This Report investigates the viability of biochar for decarbonising Bluescope’s Port Kembla Steelworks. It includes an overview of the current state of biochar supply in Australia, available pyrolysis technologies, and results from pilot testing in their blast furnace.
Report extract
Like coal, biochar that is to be used for ironmaking requires a relatively tight specification in terms of ash, ash chemistry, heavy metal concentrations and to a lesser extent volatile matter content. Ash is important as higher proportions reduce the amount of solid carbon in the biochar and increases fuel consumption and potentially requires additional fluxes to be melted in the blast furnace. Some ash components such as phosphorus-, sulphur-, alkali- and zinc-based oxides are problematic in iron and steelmaking processes and therefore must be minimized.

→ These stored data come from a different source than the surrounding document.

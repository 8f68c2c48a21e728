// The parent process is gone: the load ends with the failure that this is, whatever was still to come.

ghost use Rattle.std.specs.Prelude.{◌≡◌, ◌<◌, ◌++◌, ◌∷◌, ◌+◌, [], Option, IfOk, OnOk, OnErr, length, true};
ghost use Rattle.nk_base.specs.declared.status.Status.{Status};
ghost use Rattle.nk_base.specs.declared.status.Target.TheVariants as target;
ghost use Rattle.nk_base.specs.Queue.{cleared, is_busy};
ghost use Rattle.nk_plan.specs.declared.plan.Act.TheVariants as act;
ghost use Rattle.nk_plan.specs.Child.{perform_call, is_empty, offer_event};
ghost use Rattle.nk_plan.specs.declared.journal.ChildEntry.TheVariants as entry;
ghost use Rattle.nk_base.specs.Status.{merged};
ghost use Rattle.nk_child.specs.Shown.{with_shown, event_shown, event_sends, offer_shown};
ghost use Rattle.nk_child.specs.Views.{HasRoom, Leaves, Counted, Gains};

use crate::queued::Queued;
use crate::work::Work;
use nk_base::{Entry, Memory, Out, Status, Target};
use nk_plan::{ChildEntry, ChildEvent};

impl Work {
    /// Whether the listener was shown nothing yet.
    fn is_unstarted(&self) -> bool
        ensures { result ≡ is_empty self.now.state.trace }
    {
        self.trace.as_slice().is_empty()
    }

    /// Gets ready what the listener is shown of the first event of a break.
    fn ready_broken<D: Out<Entry>>(
        &self,
        status: Status,
        e: &Queued,
        delivery: &mut D,
    ) -> Result<Option<Entry>, Memory>
        requires room { 0 < D.room delivery.old }
        requires same { event_shown self.now.plan self.now.state.hop (merged self.now.state.kept status) e.now
            ≡ event_shown self.now.plan self.now.state.hop self.now.state.kept e.now }
        ensures shown { IfOk result (λ r. r ≡ offer_shown self.now.plan self.now.state.hop (merged self.now.state.kept status) (cleared self.now.state.queue) target.Main e.now) }
        ensures staged { IfOk result (λ r. D.staged delivery.new ≡ with_shown (D.staged delivery.old) r) }
        ensures held { D.held delivery.new ≡ D.held delivery.old }
        ensures room { D.room delivery.new + length (D.staged delivery.new) ≡ D.room delivery.old + length (D.staged delivery.old) }
    {
        if !self.queue.runs_cleared(e, Target::Main) {
            return Ok(None);
        }
        self.stage_shown(e, delivery)
    }

    /// The child is broken, and the first event of that is offered, once what it shows is ready.
    fn break_now(&mut self, status: Status, e: Queued, shown: Option<Entry>)
        requires rooms { HasRoom 2 2 self.old.rooms }
        requires counts { Counted self.old.state }
        requires quiet { (kept : Option Status) → event_sends kept e ≡ [] }
        requires shown { shown ≡ offer_shown self.old.plan self.old.state.hop (merged self.old.state.kept status) (cleared self.old.state.queue) target.Main e }
        ensures ok { Leaves 2 1 self.old self.new (offer_event self.old.plan target.Main e
            (record self.old.state {
              broken = true;
              kept = merged self.old.state.kept status;
              queue = cleared self.old.state.queue;
              journal = self.old.state.journal ++ entry.Break status ∷ [];
            })) }
        ensures trace { self.new.state.trace ≡ with_shown self.old.state.trace shown }
        ensures sent { self.new.state.sent ≡ self.old.state.sent }
        ensures busy { is_busy self.new.state.queue ≡ true }
    {
        self.drop_waiting(status);
        self.offer(Target::Main, e, shown);
    }

    /// The child is broken, and the first event of that is offered.
    #[tactic(auto, using(crate::proofs::Gains::gains_shown))]
    fn break_with<D: Out<Entry>>(
        &mut self,
        status: Status,
        e: Queued,
        delivery: &mut D,
    ) -> Result<(), Memory>
        requires rooms { HasRoom 2 2 self.old.rooms }
        requires counts { Counted self.old.state }
        requires quiet { (kept : Option Status) → event_sends kept e ≡ [] }
        requires room { 0 < D.room delivery.old }
        requires same { event_shown self.old.plan self.old.state.hop (merged self.old.state.kept status) e
            ≡ event_shown self.old.plan self.old.state.hop self.old.state.kept e }
        ensures ok { OnOk result (Leaves 2 1 self.old self.new (offer_event self.old.plan target.Main e
            (record self.old.state {
              broken = true;
              kept = merged self.old.state.kept status;
              queue = cleared self.old.state.queue;
              journal = self.old.state.journal ++ entry.Break status ∷ [];
            }))) }
        ensures trace { OnOk result (Gains self.old.state.trace self.new.state.trace (D.staged delivery.old) (D.staged delivery.new)) }
        ensures sent { self.new.state.sent ≡ self.old.state.sent }
        ensures busy { OnOk result (is_busy self.new.state.queue ≡ true) }
        ensures err { OnErr result (self.new ≡ self.old) }
        ensures held { D.held delivery.new ≡ D.held delivery.old }
        ensures room { D.room delivery.new + length (D.staged delivery.new) ≡ D.room delivery.old + length (D.staged delivery.old) }
    {
        let shown = self.ready_broken(status, &e, delivery)?;
        self.break_now(status, e, shown);
        Ok(())
    }

    /// The child is broken: it keeps this failure, and drops what waits.
    fn drop_waiting(&mut self, status: Status)
        requires rooms { HasRoom 1 0 self.old.rooms }
        ensures { Leaves 1 0 self.old self.new
            (record self.old.state {
              broken = true;
              kept = merged self.old.state.kept status;
              queue = cleared self.old.state.queue;
              journal = self.old.state.journal ++ entry.Break status ∷ [];
            }) }
    {
        self.merge(status);
        self.queue.clear();
        self.broken = true;
        self.note(ChildEntry::Break(status));
    }

    /// The parent process is gone: what waits is dropped, and the load ends with this failure.
    #[tactic(auto, using(crate::proofs::Same::start_twice, crate::proofs::Same::stop_twice, crate::proofs::Gains::gains_none))]
    pub(crate) fn break_off<D: Out<Entry>>(
        &mut self,
        status: Status,
        delivery: &mut D,
    ) -> Result<(), Memory>
        requires rooms { HasRoom 2 2 self.old.rooms }
        requires counts { Counted self.old.state }
        requires room { 0 < D.room delivery.old }
        ensures ok { OnOk result (Leaves 2 2 self.old self.new (perform_call self.old.plan (act.Break status) self.old.state)) }
        ensures trace { OnOk result (Gains self.old.state.trace self.new.state.trace (D.staged delivery.old) (D.staged delivery.new)) }
        ensures sent { self.new.state.sent ≡ self.old.state.sent }
        ensures err { OnErr result (self.new ≡ self.old) }
        ensures held { D.held delivery.new ≡ D.held delivery.old }
        ensures room { D.room delivery.new + length (D.staged delivery.new) ≡ D.room delivery.old + length (D.staged delivery.old) }
    {
        if self.stopped || self.broken {
            self.note(ChildEntry::NoEffect);
            return Ok(());
        }
        let stop = Queued::new(ChildEvent::Stop { status });
        if !self.is_unstarted() {
            return self.break_with(status, stop, delivery);
        }
        let start = Queued::new(ChildEvent::Start { code: 0, status });
        self.break_with(status, start, delivery)?;
        self.offer_next(Target::Main, stop);
        Ok(())
    }
}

Similarly, heavy metals (e.g. lead, mercury and arsenic) may be problematic for integrated steelworks due to the potential impact on environmental discharges and in extreme cases to employee health. Finally, volatile matter content might be minimized, to maximize the solid carbon reaching the blast furnace. However, given volatile matter content is dictated by pyrolysis temperature, which in turn dictates the biochar yield [5][6], there is still some question about the ideal level, from a cost and blast furnace operations perspective. This question cannot be addressed until longer duration, large-scale trials with biochars of different volatile matter content are conducted at a blast furnace. Indeed, there are significant moves to test at full scale the use of torrefied wood or bio-coal (timber subject to pyrolysis below 320oC) as a coal substitute in blast furnace applications [7][8].